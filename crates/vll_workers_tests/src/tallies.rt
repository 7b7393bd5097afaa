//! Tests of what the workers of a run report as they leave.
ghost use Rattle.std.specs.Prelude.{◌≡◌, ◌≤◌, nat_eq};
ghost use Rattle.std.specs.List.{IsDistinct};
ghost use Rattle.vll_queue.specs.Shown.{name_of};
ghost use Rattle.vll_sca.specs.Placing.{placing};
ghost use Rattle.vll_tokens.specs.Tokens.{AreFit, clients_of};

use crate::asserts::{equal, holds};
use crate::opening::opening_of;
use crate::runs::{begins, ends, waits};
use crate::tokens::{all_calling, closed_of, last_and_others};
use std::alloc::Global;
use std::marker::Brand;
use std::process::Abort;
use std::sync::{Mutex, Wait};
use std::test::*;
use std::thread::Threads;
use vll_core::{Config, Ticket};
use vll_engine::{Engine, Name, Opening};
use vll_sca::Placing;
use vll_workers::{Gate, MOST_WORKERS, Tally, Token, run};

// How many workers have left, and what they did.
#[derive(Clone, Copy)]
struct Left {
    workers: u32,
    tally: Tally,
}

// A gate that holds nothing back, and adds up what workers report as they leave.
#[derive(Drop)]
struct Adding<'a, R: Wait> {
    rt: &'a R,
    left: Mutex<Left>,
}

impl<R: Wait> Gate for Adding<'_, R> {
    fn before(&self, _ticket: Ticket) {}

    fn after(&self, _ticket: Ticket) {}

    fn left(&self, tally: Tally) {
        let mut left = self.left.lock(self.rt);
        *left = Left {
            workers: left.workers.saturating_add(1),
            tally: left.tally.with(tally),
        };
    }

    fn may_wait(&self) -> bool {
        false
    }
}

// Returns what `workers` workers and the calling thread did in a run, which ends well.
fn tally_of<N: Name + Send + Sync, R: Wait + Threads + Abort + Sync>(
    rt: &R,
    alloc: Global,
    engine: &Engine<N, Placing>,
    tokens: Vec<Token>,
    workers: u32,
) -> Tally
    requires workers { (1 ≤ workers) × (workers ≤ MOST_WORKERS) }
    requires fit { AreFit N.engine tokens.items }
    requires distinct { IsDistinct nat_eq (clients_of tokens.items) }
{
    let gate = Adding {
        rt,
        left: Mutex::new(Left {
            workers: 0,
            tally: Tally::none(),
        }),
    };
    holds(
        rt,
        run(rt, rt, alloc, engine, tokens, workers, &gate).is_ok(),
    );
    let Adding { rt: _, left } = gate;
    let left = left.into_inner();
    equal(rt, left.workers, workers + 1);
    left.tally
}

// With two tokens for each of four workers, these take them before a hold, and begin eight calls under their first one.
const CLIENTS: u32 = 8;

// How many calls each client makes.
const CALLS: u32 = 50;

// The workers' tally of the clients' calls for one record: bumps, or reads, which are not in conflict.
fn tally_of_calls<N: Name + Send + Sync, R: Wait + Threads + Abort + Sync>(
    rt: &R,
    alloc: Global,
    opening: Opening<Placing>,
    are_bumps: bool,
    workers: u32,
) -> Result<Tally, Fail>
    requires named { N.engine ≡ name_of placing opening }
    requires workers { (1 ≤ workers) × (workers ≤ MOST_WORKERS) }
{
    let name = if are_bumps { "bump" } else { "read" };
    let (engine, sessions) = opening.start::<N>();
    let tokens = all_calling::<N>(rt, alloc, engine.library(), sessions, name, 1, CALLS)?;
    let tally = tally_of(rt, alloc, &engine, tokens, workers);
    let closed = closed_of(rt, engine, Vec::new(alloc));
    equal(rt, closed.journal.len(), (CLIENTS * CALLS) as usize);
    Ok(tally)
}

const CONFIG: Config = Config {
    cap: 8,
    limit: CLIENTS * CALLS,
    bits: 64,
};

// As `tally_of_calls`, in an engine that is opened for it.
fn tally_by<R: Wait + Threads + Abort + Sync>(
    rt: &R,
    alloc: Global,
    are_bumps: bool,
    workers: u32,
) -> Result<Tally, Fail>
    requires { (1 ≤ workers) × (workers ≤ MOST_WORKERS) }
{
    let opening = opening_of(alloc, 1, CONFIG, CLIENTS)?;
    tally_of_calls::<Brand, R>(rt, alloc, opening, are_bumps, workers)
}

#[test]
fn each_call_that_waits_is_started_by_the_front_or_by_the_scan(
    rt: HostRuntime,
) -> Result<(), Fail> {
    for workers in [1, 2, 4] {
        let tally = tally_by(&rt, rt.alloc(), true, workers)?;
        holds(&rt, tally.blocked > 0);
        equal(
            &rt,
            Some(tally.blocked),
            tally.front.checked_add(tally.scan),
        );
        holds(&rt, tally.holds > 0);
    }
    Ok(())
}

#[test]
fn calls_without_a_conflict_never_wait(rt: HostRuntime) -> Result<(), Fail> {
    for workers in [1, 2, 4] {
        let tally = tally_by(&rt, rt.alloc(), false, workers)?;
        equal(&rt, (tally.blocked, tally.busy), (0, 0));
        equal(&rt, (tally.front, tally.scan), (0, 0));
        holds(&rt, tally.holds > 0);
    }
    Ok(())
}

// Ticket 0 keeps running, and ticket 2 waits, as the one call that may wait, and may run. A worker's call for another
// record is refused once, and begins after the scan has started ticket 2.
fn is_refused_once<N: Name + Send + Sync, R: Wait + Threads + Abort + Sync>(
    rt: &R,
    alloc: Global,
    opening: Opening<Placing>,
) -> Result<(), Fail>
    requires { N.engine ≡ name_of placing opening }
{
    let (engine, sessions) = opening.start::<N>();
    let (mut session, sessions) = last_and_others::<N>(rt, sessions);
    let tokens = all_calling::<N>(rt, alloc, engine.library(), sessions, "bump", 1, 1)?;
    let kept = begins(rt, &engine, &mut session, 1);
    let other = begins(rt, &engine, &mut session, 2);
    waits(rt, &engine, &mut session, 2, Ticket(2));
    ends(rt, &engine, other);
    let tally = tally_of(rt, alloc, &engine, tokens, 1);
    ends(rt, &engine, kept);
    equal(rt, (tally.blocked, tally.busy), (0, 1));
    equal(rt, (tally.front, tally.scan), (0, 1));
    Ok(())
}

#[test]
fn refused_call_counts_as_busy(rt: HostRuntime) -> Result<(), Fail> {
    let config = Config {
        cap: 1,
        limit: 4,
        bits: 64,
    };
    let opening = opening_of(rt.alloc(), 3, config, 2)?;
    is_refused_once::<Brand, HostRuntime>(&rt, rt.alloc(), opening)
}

======

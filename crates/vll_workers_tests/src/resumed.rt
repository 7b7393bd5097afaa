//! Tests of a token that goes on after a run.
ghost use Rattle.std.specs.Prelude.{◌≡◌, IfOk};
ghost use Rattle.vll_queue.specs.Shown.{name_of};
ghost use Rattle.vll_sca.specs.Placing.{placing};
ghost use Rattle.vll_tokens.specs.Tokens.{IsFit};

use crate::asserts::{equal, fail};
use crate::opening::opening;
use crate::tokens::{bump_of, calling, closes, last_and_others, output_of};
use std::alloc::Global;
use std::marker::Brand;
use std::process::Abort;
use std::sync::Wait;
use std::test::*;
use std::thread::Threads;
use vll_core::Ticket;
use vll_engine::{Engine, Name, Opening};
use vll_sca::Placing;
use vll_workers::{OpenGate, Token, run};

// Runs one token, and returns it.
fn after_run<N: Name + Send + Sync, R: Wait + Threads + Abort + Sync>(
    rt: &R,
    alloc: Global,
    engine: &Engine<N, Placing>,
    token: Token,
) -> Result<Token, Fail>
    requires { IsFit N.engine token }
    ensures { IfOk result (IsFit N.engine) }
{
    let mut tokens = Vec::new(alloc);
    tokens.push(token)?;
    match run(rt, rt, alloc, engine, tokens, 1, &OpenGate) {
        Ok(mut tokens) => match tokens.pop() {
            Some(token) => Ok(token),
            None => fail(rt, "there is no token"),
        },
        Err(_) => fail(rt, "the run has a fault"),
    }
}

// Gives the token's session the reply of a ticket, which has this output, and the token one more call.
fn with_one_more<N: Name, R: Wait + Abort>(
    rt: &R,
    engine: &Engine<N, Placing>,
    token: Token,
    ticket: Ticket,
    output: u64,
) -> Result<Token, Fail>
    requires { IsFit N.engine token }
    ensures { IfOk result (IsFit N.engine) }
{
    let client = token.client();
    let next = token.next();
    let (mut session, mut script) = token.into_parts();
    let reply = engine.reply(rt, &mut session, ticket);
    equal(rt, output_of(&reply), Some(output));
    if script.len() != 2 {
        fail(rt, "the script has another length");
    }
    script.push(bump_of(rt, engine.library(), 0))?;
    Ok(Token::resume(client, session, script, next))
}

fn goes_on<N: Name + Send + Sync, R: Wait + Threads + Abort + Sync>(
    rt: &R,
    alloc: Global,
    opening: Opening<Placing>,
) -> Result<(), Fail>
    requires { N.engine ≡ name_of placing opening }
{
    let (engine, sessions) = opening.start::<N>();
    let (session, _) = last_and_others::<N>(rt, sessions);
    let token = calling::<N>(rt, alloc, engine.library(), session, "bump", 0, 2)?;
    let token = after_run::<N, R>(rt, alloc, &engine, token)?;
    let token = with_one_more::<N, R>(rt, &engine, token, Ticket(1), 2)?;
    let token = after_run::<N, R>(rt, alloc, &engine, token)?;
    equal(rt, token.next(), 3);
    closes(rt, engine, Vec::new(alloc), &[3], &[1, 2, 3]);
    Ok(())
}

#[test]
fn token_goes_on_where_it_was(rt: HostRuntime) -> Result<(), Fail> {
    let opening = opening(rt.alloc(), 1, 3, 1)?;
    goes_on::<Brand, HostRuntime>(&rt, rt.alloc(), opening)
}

======

_EXERCISE_
Return a copy of each line in the entries that contains "Threads".

_SOLUTION_
use std::thread::Threads;
fn tally_of<N: Name + Send + Sync, R: Wait + Threads + Abort + Sync>(
fn tally_of_calls<N: Name + Send + Sync, R: Wait + Threads + Abort + Sync>(
fn tally_by<R: Wait + Threads + Abort + Sync>(
fn is_refused_once<N: Name + Send + Sync, R: Wait + Threads + Abort + Sync>(
use std::thread::Threads;
fn after_run<N: Name + Send + Sync, R: Wait + Threads + Abort + Sync>(
fn goes_on<N: Name + Send + Sync, R: Wait + Threads + Abort + Sync>(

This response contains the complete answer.